The book's trendy-sounding title was inspired, in part, by a quote by McEnroe's former doubles partner, Peter Fleming, who said he had seen him win tournaments just by being there, "by being John McEnroe".

Now "Mac the Mouth" has become "Mac the Mentor," a respected, greying and omnipresent elder statesman in the commentary booth, whose role in the television coverage of the major championships brings him back to Wimbledon on a regular basis. He was there last summer, rejoicing in the consummate skills of Roger Federer as the young Swiss became the men's singles champion.

Federer's triumph, along with that of Serena Williams, the women's singles champion, is chronicled day-by-day in The Official Wimbledon Annual (Hazleton, £22), with text by John Parsons, and photography by Clive Brunskill, Phil Cole, Mike Hewitt and Alex Livesey. Every drama is recounted, including the 46-year-old Martina Navratilova's victory in the mixed doubles with Leander Paes, of India, which enabled Navratilova to share the record of 20 Wimbledon titles with Billie Jean King.
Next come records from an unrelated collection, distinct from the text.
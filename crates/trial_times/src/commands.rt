//! The commands that are timed.

use crate::project::{VERSION, package_name, project_of, stated_project};
use std::alloc::Global;
use trial_values::fault::Fault;
use vet_base::criterion::Criterion;
use vet_base::day::Day;
use vet_base::name::Name;
use vet_base::names::Names;
use vet_base::package_names::PackageNames;
use vet_base::text::Text;
use vet_base::texts::Texts;
use vet_base::version::VetVersion;
use vet_entries::criteria_map::CriteriaMap;
use vet_entries::entry::{Entry, Source};
use vet_entries::kind::{Audit, Kind};
use vet_entries::peer_content::PeerContent;
use vet_entries::peer_settings::PeerSettings;
use vet_files::files_content::FilesContent;
use vet_register::command::{Action, Command};

// The day of each command except SetDay.
const DAY: &str = "2024-05-01";

const PEER: &str = "harbour";

const OTHER_PEER: &str = "unused";

// The criterion of the own entries.
const CRITERION: &str = "safe-to-deploy";

const OTHER_CRITERION: &str = "unused";

/// Sets another peer, from which nothing is imported, with a url of its own: everything is planned again by the same
/// demand, and nothing else is done.
pub fn set_other_peer(alloc: Global, round: usize, place: usize) -> Result<Command, Fault> {
    let url = Text::parse(alloc, format!(in alloc; "{round} {place}")?.as_str())?;
    let mut settings = settings_of(alloc, OTHER_PEER)?;
    settings.url.insert(url)?;
    command(Action::SetPeer(settings))
}

/// Sets the peer, without a map.
pub fn set_peer(alloc: Global) -> Result<Command, Fault> {
    command(Action::SetPeer(settings_of(alloc, PEER)?))
}

// The settings of a peer that say nothing.
fn settings_of(alloc: Global, name: &str) -> Result<PeerSettings, Fault> {
    Ok(PeerSettings {
        name: Name::parse(alloc, name)?,
        url: Texts::new(alloc),
        exclude: PackageNames::new(alloc),
        map: CriteriaMap::new(alloc),
    })
}

/// Drops the peer.
pub fn drop_peer(alloc: Global) -> Result<Command, Fault> {
    command(Action::DropPeer(Name::parse(alloc, PEER)?))
}

/// Imports a content from the peer.
pub fn import_peer(alloc: Global, content: PeerContent) -> Result<Command, Fault> {
    command(Action::ImportPeer(Name::parse(alloc, PEER)?, content))
}

/// Loads the project that demands a version of each of so many packages.
pub fn load_project(alloc: Global, count: usize) -> Result<Command, Fault> {
    command(Action::LoadProject(project_of(alloc, count)?))
}

/// Loads the project that a dependency table states.
pub fn load_table(alloc: Global, place: usize, table: &str) -> Result<Command, Fault> {
    command(Action::LoadProject(stated_project(alloc, place, table)?))
}

/// Replaces what is held by what files hold.
pub fn replace_files(files: FilesContent) -> Result<Command, Fault> {
    command(Action::ReplaceFiles(files))
}

/// Sets another criterion, which nothing names: the demand is computed and everything is planned again, and nothing
/// else is done.
pub fn set_criterion(alloc: Global) -> Result<Command, Fault> {
    command(Action::SetCriterion(Criterion {
        name: Name::parse(alloc, OTHER_CRITERION)?,
        description: None,
        url: None,
        implies: Names::new(alloc),
    }))
}

/// Removes that criterion.
pub fn remove_criterion(alloc: Global) -> Result<Command, Fault> {
    command(Action::RemoveCriterion(Name::parse(alloc, OTHER_CRITERION)?))
}

/// Drops the own entry of a number.
pub fn drop_entry(number: u64) -> Result<Command, Fault> {
    command(Action::DropEntry(number))
}

/// Adds the own entry that vouches for the demanded version of a package.
pub fn add_demanded(alloc: Global, place: usize) -> Result<Command, Fault> {
    add_entry(alloc, place, VetVersion::parse(alloc, VERSION)?)
}

/// Adds an own entry for a version of a package that is not demanded.
pub fn add_undemanded(alloc: Global, place: usize) -> Result<Command, Fault> {
    add_entry(alloc, place, VetVersion::parse(alloc, "2.0.0")?)
}

/// Adds an own exemption of the demanded version of the package at a place. Its last day is that many days after `DAY`.
pub fn add_exemption(alloc: Global, place: usize) -> Result<Command, Fault> {
    command(Action::AddEntry(Entry {
        source: Source::Own,
        package: package_name(alloc, place)?,
        kind: Kind::Exemption {
            version: VetVersion::parse(alloc, VERSION)?,
            suggest: None,
            last_day: Some(day_after(place)?),
        },
        criteria: one_criterion(alloc, CRITERION)?,
        notes: None,
    }))
}

/// Sets the register's day to the day after the last day of the exemption at a place.
pub fn set_day_after(place: usize) -> Result<Command, Fault> {
    Ok(Command {
        day: day_after(place.saturating_add(1))?,
        action: Action::SetDay,
    })
}

// The day that many days after `DAY`.
fn day_after(days: usize) -> Result<Day, Fault> {
    let Ok(days) = u32::try_from(days) else {
        return Err(Fault::NotUnderstood);
    };
    match Day::parse(DAY)?.plus(days) {
        Some(day) => Ok(day),
        None => Err(Fault::NotUnderstood),
    }
}

/// Adds an entry for a version that no file and no demand has.
pub fn add_other(alloc: Global, round: usize) -> Result<Command, Fault> {
    let version = format!(in alloc; "3.{round}.0")?;
    add_entry(alloc, 0, VetVersion::parse(alloc, version.as_str())?)
}

fn add_entry(alloc: Global, place: usize, version: VetVersion) -> Result<Command, Fault> {
    command(Action::AddEntry(Entry {
        source: Source::Own,
        package: package_name(alloc, place)?,
        kind: Kind::Full(version, Audit::anonymous(alloc)),
        criteria: one_criterion(alloc, CRITERION)?,
        notes: None,
    }))
}

/// The set of one criterion.
pub fn one_criterion(alloc: Global, name: &str) -> Result<Names, Fault> {
    let name = Name::parse(alloc, name)?;
    let mut names = Names::new(alloc);
    names.insert(name)?;
    Ok(names)
}

/// A command of the day.
pub fn command(action: Action) -> Result<Command, Fault> {
    Ok(Command {
        day: Day::parse(DAY)?,
        action,
    })
}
The Official Wimbledon Annual has found an ideal doubles partner in The 2003 Wimbledon Compendium, by Alan Little (The All England Club, £12). The beaverish Little, the honorary librarian of the Wimbledon Lawn Tennis Museum, provides a fascinating record of The Championships from day one, in 1877, noting almost every drop of rain to have fallen on the courts.

"Rain delay" is to be found in The Language Of Tennis, by Ossian Shine (Carcanet Press, £12.95). Rain and Shine? What the deuce is this? It is a handy publication, that's what, explaining, where possible, the meanings and origins of tennis-speak. For example, "love", as in zero, is one of the most celebrated puzzles of tennis terminology. "The question of its origin," writes Shine, the tennis editor of Reuters, "is divided into two main camps." Your correspondent, respecting a colleague's research, is not prepared to reveal any more than that. Call me a "choker" if you like.

The Tournament (Robinson, £7.99) is a delightful fantasy by John Clarke, an Australian humorist whose fertile imagination has created a celebrity championships for an alternative universe. The setting is Paris. Jean Cocteau wants the lights cut. William Burroughs tests positive for 12 banned substances and is sent home. Franz Kafka is disorientated by the presence of his father in the stands. Marie Stopes is impregnable.

Clive James thoroughly enjoyed The Tournament, although he was not among the players. "At the beginning," James says, "the reader wonders how good Einstein would have been on his backhand side. By the end, the reader wonders whether Lleyton Hewitt would be any good at relativity."

In the real world, enthusiastic players at all levels may be able to raise their game with tips from Smart Tennis, by John F Murray (Jossey-Bass, San Francisco, $19.95 [£11.50]). Murray, an American with an academic background in sport and clinical psychology, focuses on the mental part of the game.